To do: Only the lines holding the string "stored" are needed; copy each of them from the data.

(Source records)
//! The options of an interface: code, length, value padded to a multiple of 4.
ghost use Rattle.std.specs.Prelude.{◌≡◌, ◌≤◌, ◌<◌, ◌+◌, ◌^◌, length};
ghost use Rattle.pcapng_file.specs.Block.{padded, told_in, told_with};

use pcap_file::half_at;

// What options said so far: the unit of time, and whether times are offset.
#[derive(Clone, Copy, Debug)]
pub(crate) struct Told {
    pub(crate) resolution: Option<u8>,
    pub(crate) offset: bool,
}

const TIME_UNIT: u16 = 9;

const TIME_OFFSET: u16 = 14;

// What the options in these bytes say, or none where one passes the bytes.
pub(crate) fn read_options(big: bool, area: &[u8]) -> Option<Told>
    ensures { result ≡ told_in big area.now }
{
    let mut told = Told {
        resolution: None,
        offset: false,
    };
    let mut at = 0;
    while at < area.len() {
        if area.len() - at < 4 {
            return None;
        }
        let code = half_at(big, area, at);
        if code == 0 {
            return Some(told);
        }
        let len = half_at(big, area, at + 2) as usize;
        if area.len() - at - 4 < padded(len) {
            return None;
        }
        told = told.with(code, &area[at + 4..at + 4 + len]);
        at += 4 + padded(len);
    }
    Some(told)
}

impl Told {
    // With one option more: the first that gives a unit counts.
    fn with(self, code: u16, value: &[u8]) -> Told
        ensures { result ≡ told_with self code value.now }
    {
        if code == TIME_OFFSET {
            return Told {
                resolution: self.resolution,
                offset: true,
            };
        }
        if code == TIME_UNIT && self.resolution.is_none() && !value.is_empty() {
            return Told {
                resolution: Some(value[0]),
                offset: self.offset,
            };
        }
        self
    }
}

// The least multiple of 4 that isn't below.
pub(crate) fn padded(len: usize) -> usize
    requires { len < 2 ^ 32 }
    ensures value { result ≡ padded len }
    ensures bounds { len ≤ result }
{
    (len + 3) / 4 * 4
}
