//! What holds of every file and every reading.
ghost use Rattle.pcapng_file.specs.Laws.{ReadIsFile, OneList};
ghost use Rattle.pcapng_file.specs.Classic.{ReadsBack, OrderedReadsBack};
ghost use Rattle.pcapng_file.specs.Stream.{StreamIsFile, StreamStopsAsFile};

/// Packets are read exactly where the bytes are a file of them, within the limits.
pub fn a_reading_is_the_file()
    ensures { ReadIsFile }
{}

/// Bytes are a file of one list of packets at most.
pub fn a_file_has_one_list_of_packets()
    ensures { OneList }
{}

/// The classic capture of packets is read as their records, each with the greatest moment so far.
pub fn a_capture_of_packets_is_read_back()
    ensures { ReadsBack }
{}

/// Where no moment lies before the one in front of it, these records are the packets.
pub fn packets_in_order_are_read_back()
    ensures { OrderedReadsBack }
{}

/// A stream that ends has read the whole file, and one that stops has the fault or limit that
/// reading the whole file has.
pub fn a_stream_is_read_as_its_file()
    ensures ends { StreamIsFile }
    ensures stops { StreamStopsAsFile }
{}
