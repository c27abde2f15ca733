//! Why a file is not read.
ghost use Rattle.std.specs.Prelude.{◌≡◌};

use fab_base::Failed;
use std::alloc::AllocError;
use thiserror::Error;

/// Why a block is none that is read, in the order of the tests.
#[derive(Clone, Copy, Debug, PartialEq, Eq, Error)]
pub enum NgWhy {
    /// The bytes end inside the block, or there are none at all.
    #[error("the bytes end inside the block")]
    Cut,
    /// The first block is no section header.
    #[error("the first block is no section header")]
    Section,
    /// The magic of a section header is that of no byte order.
    #[error("the magic of the section header names no byte order")]
    Order,
    /// A length that no such block has, a second length that differs, or a packet past its block.
    #[error("a length that no such block has")]
    Length,
    /// The major version of a section isn't 1.
    #[error("the major version is not 1")]
    Version,
    /// A simple packet, which has no time.
    #[error("a simple packet has no time")]
    Simple,
    /// An option of an interface passes its block.
    #[error("an option of the interface passes its block")]
    Options,
    /// The section has no such interface.
    #[error("the section has no such interface")]
    Interface,
    /// The link type of the packet's interface isn't 1.
    #[error("the interface is no Ethernet")]
    Link,
    /// The packet's interface counts time in units below 10^-9 seconds, or in powers of 2.
    #[error("the interface counts time in other units than are read")]
    Resolution,
    /// The packet's interface has a time offset.
    #[error("the interface has a time offset")]
    Offset,
    /// The packet lies 2^32 seconds or more after 1970.
    #[error("the time has 2^32 seconds or more")]
    Time,
    /// More than 65,535 bytes are stored.
    #[error("more than 65535 bytes are stored")]
    Long,
}

/// Which limit a file passes.
#[derive(Clone, Copy, Debug, PartialEq, Eq, Error)]
pub enum NgLimit {
    /// A block is longer than the bytes that are left.
    #[error("more bytes than the limit")]
    Bytes,
    /// A packet stands where no frame is left.
    #[error("more frames than the limit")]
    Frames,
}

/// Why a file was not read. `at` is the place of the block's first byte.
#[derive(Clone, Copy, Debug, PartialEq, Eq, Error)]
pub enum NgError {
    #[error("byte {at}: {why}")]
    Fault { at: u64, why: NgWhy },
    #[error("{0}")]
    Limit(NgLimit),
    #[error("the file could not be read")]
    Read(Failed),
    #[error("memory was refused")]
    Memory,
}

impl From<AllocError> for NgError {
    ghost use Rattle.std.specs.Prelude.{◌≡◌};
    ghost use Rattle.pcapng_file.specs.declared.fault.NgError.TheVariants.{Memory};

    ghost from_gives = { λ _ e. e ≡ Memory };

    fn from(_refused: AllocError) -> NgError {
        NgError::Memory
    }
}

// The fault of the block at a place.
pub(crate) fn fault(at: u64, why: NgWhy) -> NgError
    ensures { result ≡ NgError.Fault at why }
{
    NgError::Fault { at, why }
}

/// Why a file was not converted.
#[derive(Clone, Copy, Debug, PartialEq, Eq, Error)]
pub enum ConvertError {
    /// The input is not read, and the output is as it was.
    #[error("{0}")]
    Input(NgError),
    /// The output could not be written.
    #[error("the output could not be written")]
    Write(Failed),
}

The answer:
    /// More than 65,535 bytes are stored.
    #[error("more than 65535 bytes are stored")]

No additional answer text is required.